I could tell by the look on her face that Marianne was going to bring up that thing about the police and hospital again.

“We’re not taking her to the police,” I said before she had a chance to speak. “She’s not well. She’s telling me weird stuff—she said she ate cake out of a bin, for godsake.”

I pressed my fist hard onto my heart as I spoke. Maybe I wish I could rip it out, so it would stop reminding me I was still alive. I could still feel his postcard there, and I ached.

“Then I don’t know what to say,” replied Marianne. “She doesn’t even want to talk to me.”

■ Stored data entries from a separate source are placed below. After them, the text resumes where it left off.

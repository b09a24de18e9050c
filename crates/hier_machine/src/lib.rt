//! The machine: the guest over two cache levels and a memory of pages, beat by beat, with the program in a file or with
//! the accesses of a trace. Contracts see the guest's state, what both levels keep and how the pages lie, and say each beat
//! and each run by the same instructions over flat memory. It knows nothing of words and shelves, and takes no memory
//! once it is open.
#![tactic(auto)]

mod ends;
mod errands;
mod file_runs;
mod machine;
mod opening;
mod page_view;
#[cfg(test)]
mod tests;

pub use ends::{NotOpened, OpenFault, TraceEnd, end_of};
pub use errands::{FlushSecond, Placing, Through};
pub use file_runs::open_file;
pub use machine::{Machine, counts_are_alike, runs_are_one};
pub use rv_guest::MachineEnd;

I could see the blue eyeliner from Saturday night still stuck in the corners of Marianne’s eyes. Her white school blouse was creased and there was something that looked like a food stain on the front.

“No police. Right now she won’t properly open up to me,
and like you said, she doesn’t even want to talk to you! How is she going to say anything in front of a complete stranger?”

“I don’t know,” repeated Marianne.

“Mari—help me here!”

“No!” Marianne stopped and composed herself. “Well you didn’t want my help Saturday, did you?”